SEN LINDSEY GRAHAM,(R) SOUTH CAROLINA: When it comes to defeating al- Quida in Iraq, not only is it possible, it is inevitable if we continue to do what we are doing. And that is keeping the pressure on, going into areas where they had resided in the past, forming new alliances with the people who reject their ideology. The enemy, al-Quida, is literally on the run.
HUME: Two quick glances at different perspectives on this war. It is very clear, now, the Democrats in the House and Senate will continue to introduce resolutions that, one way or another, will either slow down, and- or completely terminate, the president's policy, or strategy, of the surge in Iraq.
Republicans, so far, or at least enough of them, are holding together to resist it, but that could change at any time.
Some thoughts on all this, now, from Fred Barnes, Executive Editor of The Weekly Standard, Mara Liasson, National Political Correspondent of National Public Radio, and Mort Kondrake, the Executive Editor of Roll Call, FOX News contributors all.
Well, what about this? You are now having forceful arguments being made, as you heard from Lindsay Graham, that the surge, which, I gather, didn't get up to full strength until less than a month ago in Iraq, is working, that al-Quida is hurting and has been hurt by it.
And then you are hearing from people like Senator Levin and Senator Reid that the surge has been progress for six months and no progress has been made. How is this debate going?

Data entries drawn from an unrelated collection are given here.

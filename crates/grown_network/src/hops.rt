//! The hops that lead away from a node.
ghost use Rattle.std.specs.Prelude.{◌≡◌, ◌<◌, ◌≤◌, ◌++◌, ℕ, map, IfOk, OnOk};
ghost use Rattle.rsvp_base.specs.Members.{In};
ghost use Rattle.tree_model.specs.Networks.{among};
ghost use Rattle.grown_network.specs.Hops.{hop_down, hop_up, hops_away, hops_down, way_up};

use crate::nodes::{NODES, above, down_end, up_end};
use rsvp_base::NoMemory;
use std::alloc::Global;
use tree_model::LinkHop;

// The hop from a node to the one above it.
fn hop_up(node: u16) -> LinkHop
    requires { 1 ≤ node × (node < 64) }
    ensures { result ≡ hop_up node }
{
    LinkHop {
        from: up_end(node),
        to: down_end(node),
    }
}

// The hop to a node from the one above it.
fn hop_down(node: u16) -> LinkHop
    requires { 1 ≤ node × (node < 64) }
    ensures { result ≡ hop_down node }
{
    LinkHop {
        from: down_end(node),
        to: up_end(node),
    }
}

// The nodes on the way from a node up to node 0.
fn way_up(alloc: Global, root: u16) -> Result<Vec<u16>, NoMemory>
    ensures { IfOk result (λ way. way.items ≡ way_up root) }
{
    let mut way = Vec::new(alloc);
    let mut node = root;
    for _level in 0..6u16 {
        if node != 0 {
            way.push(node)?;
            node = above(node);
        }
    }
    Ok(way)
}

// Whether a node is among these.
fn is_among(node: u16, nodes: &[u16]) -> bool
    ensures { result ≡ among node nodes.now }
{
    nodes.iter().any(|x| *x == node)
}

// Adds the hops up from each of these nodes.
fn add_hops_up(hops: &mut Vec<LinkHop>, way: &[u16]) -> Result<(), NoMemory>
    requires { (k : ℕ) → In k way.now → (1 ≤ k) × (k < 64) }
    ensures { OnOk result (hops.new.items ≡ hops.old.items ++ map hop_up way.now) }
{
    for node in way {
        hops.push(hop_up(*node))?;
    }
    Ok(())
}

// Adds the hops down to all nodes but these and node 0.
fn add_hops_down(hops: &mut Vec<LinkHop>, way: &[u16]) -> Result<(), NoMemory>
    ensures { OnOk result (hops.new.items ≡ hops.old.items ++ hops_down way.now 63) }
{
    for node in 1..NODES {
        if !is_among(node, way) {
            hops.push(hop_down(node))?;
        }
    }
    Ok(())
}

/// All hops that lead away from a node, each behind one that goes into the node that it goes out of, or out of this node.
/// `NoMemory`: there was no room for them.
pub(crate) fn hops_away(alloc: Global, root: u16) -> Result<Vec<LinkHop>, NoMemory>
    requires { root < 64 }
    ensures { IfOk result (λ hops. hops.items ≡ hops_away root) }
{
    let way = way_up(alloc, root)?;
    let mut hops = Vec::new(alloc);
    add_hops_up(&mut hops, way.as_slice())?;
    add_hops_down(&mut hops, way.as_slice())?;
    Ok(hops)
}
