#[test]
fn a_processor_refuses_the_kinds_that_it_lacks(rt: HostRuntime) -> Result<(), Fail> {
    let alloc = rt.alloc();
    for (kind, (on_x86_64, on_aarch64, on_riscv64)) in KINDS {
        let commands = one_relocation(alloc, "0000000000000000", kind)?;
        let processors = [
            ("x86_64", on_x86_64),
            ("aarch64", on_aarch64),
            ("riscv64", on_riscv64),
        ];
        for (processor, is_there) in processors {
            let keys = format!(in alloc; "\"arch\":\"{processor}\",\"format\":\"elf\"")?;
            let part = part_for(alloc, &keys, &commands)?;
            if is_there {
                takes(&rt, alloc, &part)?;
            } else {
                let want = format!(in alloc;
                    "part 0 command 1: Backend error: relocation 0: kind {kind} not supported\n"
                )?;
                refuses(&rt, alloc, &part, 1, &want)?;
            }
        }
    }
    Ok(())
}

#[test]
fn a_field_of_8_bytes_needs_8_bytes(rt: HostRuntime) -> Result<(), Fail> {
    let alloc = rt.alloc();
    let cases = [
        ("x86_64", "Abs8", "00000000000000"),
        ("aarch64", "Abs8", "00000000000000"),
        ("riscv64", "Abs8", "00000000000000"),
        ("riscv64", "RiscvCallPlt", "00000000000000"),
        ("riscv64", "RiscvGotHi20", "000000"),
        ("aarch64", "Arm64Call", "000000"),
        ("x86_64", "X86GOTPCRel4", "000000"),
    ];
    for (processor, kind, bytes) in cases {
        let keys = format!(in alloc; "\"arch\":\"{processor}\",\"format\":\"elf\"")?;
        let short = part_for(alloc, &keys, &one_relocation(alloc, bytes, kind)?)?;
        refuses(
            &rt,
            alloc,
            &short,
            1,
            "part 0 command 1: Backend error: relocation 0: bad field at 0\n",
        )?;
        let long = format!(in alloc; "{bytes}00")?;
        let enough = part_for(alloc, &keys, &one_relocation(alloc, &long, kind)?)?;
        takes(&rt, alloc, &enough)?;
    }
    Ok(())
}

#[test]
fn a_target_that_is_not_there_is_refused_at_the_end_in_order_of_relocations(
    rt: HostRuntime,
) -> Result<(), Fail> {
    let alloc = rt.alloc();
    let keys = "\"arch\":\"x86_64\",\"format\":\"elf\"";
    let cases = [
        (
            r#"{"offset":0,"kind":"Abs8","target":{"user":[2,0]}}"#,
            "part 0 end: Undeclared identifier: u2:0\n",
        ),
        (
            r#"{"offset":0,"kind":"Abs8","target":{"user":[4294967295,4294967295]}}"#,
            "part 0 end: Undeclared identifier: u4294967295:4294967295\n",
        ),
        (
            r#"{"offset":0,"kind":"Abs8","target":{"user":[0,2]}}"#,
            "part 0 end: Undeclared identifier: u0:2\n",
        ),
        (
            r#"{"offset":0,"kind":"Abs8","target":{"user":[1,0]}}"#,
            "part 0 end: Undeclared identifier: u1:0\n",
        ),
        (
            r#"{"offset":0,"kind":"Abs8","target":{"label":[1,0]}}"#,
            "part 0 end: Missing definition of identifier: g\n",
        ),
        (
            r#"{"offset":0,"kind":"Abs8","target":{"label":[7,4]}}"#,
            "part 0 end: Undeclared identifier: funcid7+4\n",
        ),
        (
            r#"{"offset":0,"kind":"Abs8","target":{"label":[1,0]}},{"offset":0,"kind":"Abs8","target":{"user":[2,0]}}"#,
            "part 0 end: Missing definition of identifier: g\n",
        ),
        (
            r#"{"offset":0,"kind":"Abs8","target":{"user":[3,1]}},{"offset":0,"kind":"Abs8","target":{"label":[1,0]}}"#,
            "part 0 end: Undeclared identifier: u3:1\n",
        ),
        (
            r#"{"offset":0,"kind":"Abs8","target":{"user":[2,0]}},{"offset":1,"kind":"Abs8","target":{"function":0}}"#,
            "part 0 command 2: Backend error: relocation 1: bad field at 1\n",
        ),
    ];
    for (relocations, want) in cases {
        let commands = format!(in alloc;
            "{{\"op\":\"declare_function\",\"name\":\"f\",\"linkage\":\"Export\"}},{{\"op\":\"declare_function\",\"name\":\"g\",\"linkage\":\"Import\"}},{{\"op\":\"define_function\",\"id\":0,\"bytes\":\"0000000000000000\",\"relocs\":[{relocations}]}}"
        )?;
        let part = part_for(alloc, keys, &commands)?;
        refuses(&rt, alloc, &part, 1, want)?;
    }
    Ok(())
}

KONDRAKE, EXECUTIVE EDITOR, ROLL CALL: Well, clearly, the surge, the troops to supply--the forces for the surge--have just gotten there. That is a fact.
HUME: To full strength?
KONDRAKE: Yes. The thing is that the administration and it's backers have changed the stated purpose of the surge, now. It used to be, give time for the Iraqi government to meet all the benchmarks, to get its political reconciliation in order.
That is clearly not happened. And so now, advocates of surge, like Lindsey Graham, and the president, and others, are focusing on the successes. And the successes are manifest against al-Quida.
Now, the question is, does--
HUME: But haven't they also been manifest in terms of the sectarian violence? The civil war being side of this being diminished?
KONDRAKE: OK. The question is can the Iraqi security forces hold that? Hold the Sunnis and the Shiites apart, police the streets at such time as we withdraw?
HUME: We wouldn't know that yet.
KONDRAKE: Well, that would seem to require a political settlement. In other words, if you have got these trained up forces, Sunni militias and Sunni police and Shiites, and there is no political settlement among their leaders, what happens when we leave? They start fighting each other.
MARA LIASSON, NATIONAL PUBLIC RADIO NATIONAL CORRESPONDENT: Yes. Look, I think that it might be true, as Senator Levin said, that there is very little evidence--he says there is none--but there is certainly very little evidence of political process. The question is, is there enough evidence of security progress for it to be worth staying there?
Clearly the majority of Democrats, all Democrats have decided no, it is not.
HUME: In fact, though, there are two components to the benchmark. One of them was political, agreements on legislation of various kinds. And the other was security in terms of the Iraqi end of it.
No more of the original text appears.